8 Responses to “Extinction, Darwin Wrong Again”

  • I believe you are attributing a quote from “The Sixth Extinction” to Darwin. It was Elizabeth Kolbert who said, “…had to proceed at roughly the same rate. If anything, extinction had to occur more gradually” (p55), not Darwin.

    Darwin DID say, ““There is reason to believe that the extinction of a whole group of species is generally a slower process than their production.” He said it in the chapter on Extinction in On the Origin of Species, 6th ed. But note that he is talking about the extinction of “whole groups of species”, not individual species like the Great Auk. Besides, a few sentences later, he states that, “In some cases, however, the extermination of whole groups, as of ammonites, towards the close of the secondary period, has been wonderfully sudden.”

    Presumably, since Darwin acknowledged that sometimes a group of species (roughly a genus) could suddenly go extinct, he would agree that sometimes an individual species, like the Great Auk could suddenly go extinct.

    For a more modern take on evolution and extinction, see “How the Red Queen Drives Terrestrial Mammals to Extinction” at http://bit.ly/1rPN3Wm .

  • Greetings!

    Appreciate your comments. Of the quote from Kolbert, that was her comment on what Darwin was theorizing. The statement has been removed to avoid confusion on who said what. While he did see the sudden “extermination” of ammonities – once, there are no references to the sudden extermination of the Great Auk – or any other species.

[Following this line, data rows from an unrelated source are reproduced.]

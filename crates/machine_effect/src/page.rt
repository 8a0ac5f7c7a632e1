ghost use Rattle.std.specs.Prelude.{◌≡◌, ℕ, ◌+◌, ◌-◌, ◌<◌, ◌≤◌, length, slice_get, IfOk, IfSome, Option, Some, None, if◌then◌else◌};
ghost use Rattle.machine_effect.specs.Memory.{is_within};
ghost use Rattle.machine_effect.specs.Page.{page_size, at_place, IsFirstPlace};

use std::alloc::{AllocError, Global};

/// How many bytes a page has room for.
pub const PAGE: u64 = 4096;

/// 4,096 places for bytes, each of which has one or not.
#[derive(Drop)]
pub struct Page {
    places: Vec<Option<u8>>,
    ghost whole: { length places.items ≡ page_size },
}

impl Page {
    /// A page with no byte.
    pub fn new(alloc: Global) -> Result<Page, AllocError>
        ensures { IfOk result (λ page. (k : ℕ) → at_place page.places.items k ≡ None) }
    {
        let places = vec![in alloc; None; PAGE as usize]?;
        Ok(Page { places })
    }

    /// The byte at a place.
    pub fn byte(&self, place: usize) -> Option<u8>
        requires { place < page_size }
        ensures { result ≡ at_place self.now.places.items place }
    {
        self.places[place]
    }

    /// Sets these bytes from a place on.
    pub fn write(&mut self, place: usize, bytes: &[u8])
        requires { place + length bytes.now ≤ page_size }
        ensures { (k : ℕ) → at_place self.new.places.items k
            ≡ (if is_within place (length bytes.now) k then slice_get bytes.now (k - place) else at_place self.old.places.items k) }
    {
        write_places(&mut self.places, place, bytes);
    }

    /// The first place from this one on that has a byte.
    pub fn first_from(&self, place: usize) -> Option<usize>
        ensures some { IfSome result (λ k. IsFirstPlace self.now.places.items place k) }
        ensures none { result ≡ None → (k : ℕ) → place ≤ k → at_place self.now.places.items k ≡ None }
    {
        for k in place..self.places.len() {
            if self.places[k].is_some() {
                return Some(k);
            }
        }
        None
    }
}

fn write_places(places: &mut [Option<u8>], start: usize, bytes: &[u8])
    requires { start + length bytes.now ≤ length places.old }
    ensures { (k : ℕ) → at_place places.new k
        ≡ (if is_within start (length bytes.now) k then slice_get bytes.now (k - start) else at_place places.old k) }
{
    for (i, byte) in bytes.iter().enumerate() {
        places[start + i] = Some(*byte);
    }
}
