// The pages of a memory, by their numbers: page n has the bytes from address 4096 n on.
ghost use Rattle.std.specs.Prelude.{◌≡◌, ℕ, ◌+◌, ◌*◌, ◌/◌, ◌<◌, ◌≤◌, ◌^◌, length, IsSome, IfSome, IsTrue, OnOk, Some, None, true, false};
ghost use Rattle.std.specs.Ordering.{nat_cmp};
ghost use Rattle.std.specs.BTreeMap as tree;
ghost use Rattle.machine_effect.specs.Page.{page_size};
ghost use Rattle.machine_effect.specs.Pages.{byte_in, HasPage, HasLowPages, SameBytes, SamePages, WritesBytes, IsFirstPage, IsFirstByte};

use crate::page::{PAGE, Page};
use goasm_base::Memory;
use std::alloc::Global;
use std::collections::BTreeMap;

pub type Pages = BTreeMap<u64, Page>;

/// Makes the pages from the first number to the last that aren't there. They have no byte, so no byte changes.
pub fn make(alloc: Global, pages: &mut Pages, first: u64, last: u64) -> Result<(), Memory>
    requires { last < 2 ^ 52 }
    ensures same { SameBytes pages.old pages.new }
    ensures low { HasLowPages pages.old → HasLowPages pages.new }
    ensures made { OnOk result ((n : ℕ) → first ≤ n → n ≤ last → HasPage pages.new n) }
{
    for number in first..last + 1 {
        make_one(alloc, pages, number)?;
    }
    Ok(())
}

fn make_one(alloc: Global, pages: &mut Pages, number: u64) -> Result<(), Memory>
    requires { number < 2 ^ 52 }
    ensures same { SameBytes pages.old pages.new }
    ensures low { HasLowPages pages.old → HasLowPages pages.new }
    ensures kept { (n : ℕ) → HasPage pages.old n → HasPage pages.new n }
    ensures made { OnOk result (HasPage pages.new number) }
{
    if !pages.contains_key(&number) {
        pages.insert(number, Page::new(alloc)?)?;
    }
    Ok(())
}

/// Sets bytes whose pages are there. That takes no memory.
pub fn write(pages: &mut Pages, at: u64, bytes: &[u8])
    requires fits { at + length bytes.now ≤ 2 ^ 64 }
    requires made { (k : ℕ) → k < length bytes.now → HasPage pages.old ((at + k) / page_size) }
    ensures written { WritesBytes pages.old pages.new at bytes.now }
    ensures same { SamePages pages.old pages.new }
{
    let mut done = 0;
    while done < bytes.len() {
        let start = at + done as u64;
        let place = (start % PAGE) as usize;
        let count = (bytes.len() - done).min(PAGE as usize - place);
        write_one(pages, start / PAGE, place, &bytes[done..done + count]);
        done += count;
    }
}

// Sets bytes within one page.
fn write_one(pages: &mut Pages, number: u64, place: usize, bytes: &[u8])
    requires within { place + length bytes.now ≤ page_size }
    requires made { HasPage pages.old number }
    ensures written { WritesBytes pages.old pages.new (page_size * number + place) bytes.now }
    ensures same { SamePages pages.old pages.new }
{
    if let Some(page) = pages.get_mut(&number) {
        page.write(place, bytes);
    }
}

/// The byte at an address, where there is one.
pub fn byte(pages: &Pages, at: u64) -> Option<u8>
    ensures { result ≡ byte_in pages.now at }
{
    pages.get(&(at / PAGE))?.byte((at % PAGE) as usize)
}

/// The first address from this one on that has a byte. Each page that has none costs one look-up.
pub fn first_from(pages: &Pages, from: u64) -> Option<u64>
    requires { HasLowPages pages.now }
    ensures some { IfSome result (λ at. IsFirstByte pages.now from at) }
    ensures none { result ≡ None → (q : ℕ) → from ≤ q → byte_in pages.now q ≡ None }
{
    let mut number = from / PAGE;
    let mut place = (from % PAGE) as usize;
    while let Some((found, page)) = first_page(pages, number) {
        if let Some(place) = page.first_from(start_in(found, number, place)) {
            return Some(found * PAGE + place as u64);
        }
        number = found + 1;
        place = 0;
    }
    None
}

// Where a page is looked at from on: one behind the number from its first place on.
fn start_in(found: u64, number: u64, place: usize) -> usize
    ensures here { found ≡ number → result ≡ place }
    ensures behind { number < found → result ≡ 0 }
{
    if found > number { 0 } else { place }
}

// The first page whose number is at least this.
fn first_page(pages: &Pages, number: u64) -> Option<(u64, &Page)>
    ensures some { IfSome result (λ found. IsFirstPage pages.now number found.0 found.1.now) }
    ensures none { result ≡ None → (n : ℕ) → number ≤ n → tree.get nat_cmp pages.now n ≡ None }
{
    match pages.range(number..).next() {
        Some((found, page)) => Some((*found, page)),
        None => None,
    }
}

    According to Darwin’s principle of Natura non facit saltum, production of new species must be a slow process with extinction envisioned as an even slower process. Unfortunately for Darwin, if the rate of elimination is faster than the rate of production, a net gain of species is mathematically impossible. That is why he was forced to argue the way he did.

  • David Denton:

    I enjoyed reading this. As a lay person interested in origins, I read your post with interest. However, it is hard for me to consider the facts themselves as credible when there are so many careless typos and grammatical errors in the writing. I gently suggest cleaning these up if you want to be taken seriously. That sounds really arrogant, and I don’t mean it to, but I can’t think of any other way to phrase it that sounds better.

  • Appreciate your kind comment and your frank criticism – on the other. My formal training focused on science – not grammar. Since Microsoft “Spelling & Grammar” did not identify any typos and grammar errors, any of your suggestions have would be appreciated.

  • Ruben:

    Typos? Grammatical errors? What part of “Darwin wrong again” is so hard to figure out?